§ Instructions to follow:
Search the material below for the word "ensures". Copy every line that has it.

● ● ● ● ● ● ●

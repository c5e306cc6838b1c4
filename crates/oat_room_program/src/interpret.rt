ghost use Rattle.std.specs.Prelude.{◌≡◌, map, IfOk, ◌∷◌, []};
ghost use Rattle.oat_programs.specs.{IsWellFormedCase, case_limit, program_limit, Works, answer_in};
ghost use Rattle.oat_room_program.specs.Interpret.{end_told, path_told, case_run, source_run_text, Interprets, ShowsSource};

use crate::source_path::SourcePath;
use oat_check::Checked;
use oat_ir::{SourceEdge, SourceEnd};
use oat_journal::DeviceEnd;
use oat_meaning::Source;
use oat_page::{Ended, File, Page, Pieces, Stop, Then};
use oat_programs::{Case, case_for, checked_of};
use oat_shown::RunLines;
use std::alloc::{AllocError, Global};

/// The lines of a run of a program, and those of its path.
pub type RunAndPath = Then<RunLines, SourcePath>;

/// The end, among those that run lines tell.
fn end_told(end: SourceEnd) -> DeviceEnd
    ensures { result ≡ end_told end }
{
    match end {
        SourceEnd::Halted => DeviceEnd::Halted,
        SourceEnd::Trap(kind) => DeviceEnd::Trap(kind),
        SourceEnd::OutOfSteps => DeviceEnd::OutOfSteps,
    }
}

/// The path of the first call of the operation, where it completed.
fn path_told(alloc: Global, source: &Source<'_>) -> Result<Vec<SourceEdge>, AllocError>
    ensures { IfOk result (λ path. path.items ≡ path_told source.now) }
{
    if source.completed() {
        Vec::from_slice(alloc, source.path())
    } else {
        Ok(Vec::new(alloc))
    }
}

/// The run of a program on the inputs of a case: its lines, and its path.
fn case_run<'a>(
    alloc: Global,
    checked: &'a Checked,
    case: &'a Case,
) -> Result<(RunLines, Vec<SourceEdge>), AllocError>
    requires { IsWellFormedCase case.now }
    ensures lines { IfOk result (λ made. ⟦<RunLines as Pieces>⟧.text made.0 ≡ source_run_text (case_run checked.now case.now)) }
    ensures path { IfOk result (λ made. made.1.items ≡ path_told (case_run checked.now case.now)) }
{
    let inputs = case.inputs.as_slice();
    let mut source = Source::start(alloc, checked, inputs, case.session.op, case.steps)?;
    let end = source.run();
    let lines = RunLines::of(alloc, source.outputs(), end_told(end))?;
    let path = path_told(alloc, &source)?;
    Ok((lines, path))
}

/// Makes the run of a program on the inputs of a case, and gives its page.
fn interpret_case(
    alloc: Global,
    checked: Checked,
    case: &Case,
) -> Result<Page<RunAndPath>, AllocError>
    requires { IsWellFormedCase case.now }
    ensures { IfOk result (λ page. ShowsSource checked case.now (answer_in ⟦<RunAndPath as Pieces>⟧.text page)) }
{
    let (lines, path) = case_run(alloc, &checked, case)?;
    Ok(Page {
        ended: Ended::Done,
        pieces: Then {
            first: lines,
            second: SourcePath::of(checked, path),
            is_behind: false,
        },
        err: Vec::new(alloc),
    })
}

/// Runs the program of the first file on the inputs of the case of the second.
pub fn interpret(alloc: Global, files: &[File]) -> Result<Page<RunAndPath>, Stop>
    requires { map (λ file. file.limit) files.now ≡ program_limit ∷ case_limit ∷ [] }
    ensures { Works ⟦<RunAndPath as Pieces>⟧.text (Interprets files.now) result }
{
    let program = &files[0];
    let case = &files[1];
    let checked = checked_of(alloc, program)?;
    let session_case = case_for(alloc, &checked, case)?;
    Ok(interpret_case(alloc, checked, &session_case)?)
}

● ● ● ● ● ● ●

§ Result for this task:
    ensures { result ≡ end_told end }
    ensures { IfOk result (λ path. path.items ≡ path_told source.now) }
    ensures lines { IfOk result (λ made. ⟦<RunLines as Pieces>⟧.text made.0 ≡ source_run_text (case_run checked.now case.now)) }
    ensures path { IfOk result (λ made. made.1.items ≡ path_told (case_run checked.now case.now)) }
    ensures { IfOk result (λ page. ShowsSource checked case.now (answer_in ⟦<RunAndPath as Pieces>⟧.text page)) }
    ensures { Works ⟦<RunAndPath as Pieces>⟧.text (Interprets files.now) result }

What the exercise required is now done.